In weighing the factors set forth for determining the propriety of a stay, the Court finds that a temporary stay of discovery is appropriate in this case. With respect to the first two factors, the Court balances a plaintiff’s desire to proceed expeditiously with the case against the burden on a defendant of going forward. Here, the Plaintiff has not objected to Defendant’s request to stay discovery; thus, to the extent that Plaintiff has any interest in proceeding expeditiously, the Court finds his interest is offset by Defendants’ burden. Furthermore, the remaining Defendants have either filed a motion to dismiss or have not answered; accordingly, it is early in the litigation and resolving legal issues at the early stage before discovery accords with judicial efficiency.

Courts have recognized that a stay is warranted while the issue of jurisdiction is being resolved. See Gilbert v. Ferry, 401 F.3d 411, 416 (6th Cir. 2005) (affirming trial court’s stay of discovery pending ruling on dispositive motions raising jurisdictional issues). “[S]ubjecting a party to discovery when a motion to dismiss for lack of personal jurisdiction is pending may subject him to undue burden or expense, particularly if the motion to dismiss is later granted.” String Cheese Incident, LLC, 2006 WL 894955 at *2 (imposing a temporary stay of discovery pending resolution of a motion to dismiss for lack of personal jurisdiction). On balance, the Court finds that any potential harm to Plaintiff is outweighed by the burden on Defendants resulting from conducting and responding to discovery while motions to dismiss are pending.
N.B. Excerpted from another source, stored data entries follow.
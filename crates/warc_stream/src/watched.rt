//! A source whose reads are watched, for example to show progress.
ghost use Rattle.std.specs.Prelude.{◌≡◌};

use warc_frame::{ReadFault, Source};

/// Sees each read of a source, when it has ended.
pub trait Watcher {
    /// Bytes were read at an offset.
    fn see(&self, at: u64, bytes: &[u8]);
}

/// Passes each read on, and lets it be seen. Contracts see the source alone.
#[derive(Drop)]
pub struct WatchedSource<'a, S, W> {
    source: S,
    watcher: &'a W,
}

impl<'a, S: Source, W: Watcher> WatchedSource<'a, S, W> {
    /// This source, whose reads this watcher sees.
    pub fn new(source: S, watcher: &'a W) -> WatchedSource<'a, S, W>
        ensures { result.source ≡ source }
    {
        WatchedSource { source, watcher }
    }
}

impl<'a, S: Source, W: Watcher> Source for WatchedSource<'a, S, W> {
    ghost seen = { λ w. S.seen w.source };

    /// It returns what the source returns.
    fn read_at(&mut self, at: u64, buf: &mut [u8]) -> Result<usize, ReadFault> {
        let answer = self.source.read_at(at, buf);
        if let Ok(n) = answer {
            self.watcher.see(at, &buf[..n]);
        }
        answer
    }
}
Consideration of the remaining String Cheese factors does not tip the balance in favor of either position. Defendants make no argument concerning the interests of non-parties or the public, and the Court perceives minimal effect, if any, resulting from of a temporary stay of these proceedings.

Therefore, weighing the factors necessary to consider whether to grant the requested stay, the Court finds that a temporary stay of discovery is justified and will be imposed in this case.

III. Conclusion

Accordingly, for the reasons stated above, it is hereby ORDERED that the Defendant Colorado Department of Transportation’s Motion to Stay Discovery and Vacate the Scheduling Conference [filed April 9, 2015; docket #45] is granted. A temporary stay of discovery is hereby imposed pending resolution of the Defendants’ motions to dismiss. The Scheduling Conference currently scheduled for May 29, 2015 is vacated. The parties shall file a status report within five (5) days of any order resolving their motions to dismiss.